• [Aim of the exercise]:
Scan the records below for the word "match". Copy each line where it appears.

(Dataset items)

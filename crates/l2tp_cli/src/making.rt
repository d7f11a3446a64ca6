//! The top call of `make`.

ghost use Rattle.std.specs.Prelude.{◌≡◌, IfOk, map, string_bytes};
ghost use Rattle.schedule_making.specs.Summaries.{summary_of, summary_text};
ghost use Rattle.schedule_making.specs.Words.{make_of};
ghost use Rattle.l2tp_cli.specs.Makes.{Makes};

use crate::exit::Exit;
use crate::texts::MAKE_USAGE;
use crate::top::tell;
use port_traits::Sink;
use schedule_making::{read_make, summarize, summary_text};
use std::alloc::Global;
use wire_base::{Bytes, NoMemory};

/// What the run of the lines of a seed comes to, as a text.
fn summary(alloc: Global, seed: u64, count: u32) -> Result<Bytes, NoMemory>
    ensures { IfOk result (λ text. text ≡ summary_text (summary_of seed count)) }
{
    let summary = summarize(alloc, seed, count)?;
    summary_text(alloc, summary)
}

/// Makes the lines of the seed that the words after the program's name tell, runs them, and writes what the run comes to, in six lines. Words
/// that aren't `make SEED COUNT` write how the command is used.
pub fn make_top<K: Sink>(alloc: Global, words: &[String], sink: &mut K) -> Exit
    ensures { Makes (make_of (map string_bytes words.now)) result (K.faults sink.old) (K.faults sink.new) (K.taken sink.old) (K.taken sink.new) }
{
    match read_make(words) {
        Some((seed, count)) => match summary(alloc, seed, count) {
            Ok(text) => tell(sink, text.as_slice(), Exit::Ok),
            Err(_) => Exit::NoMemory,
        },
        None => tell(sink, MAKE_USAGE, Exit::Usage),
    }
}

• [Answer box]:
    match read_make(words) {
        Some((seed, count)) => match summary(alloc, seed, count) {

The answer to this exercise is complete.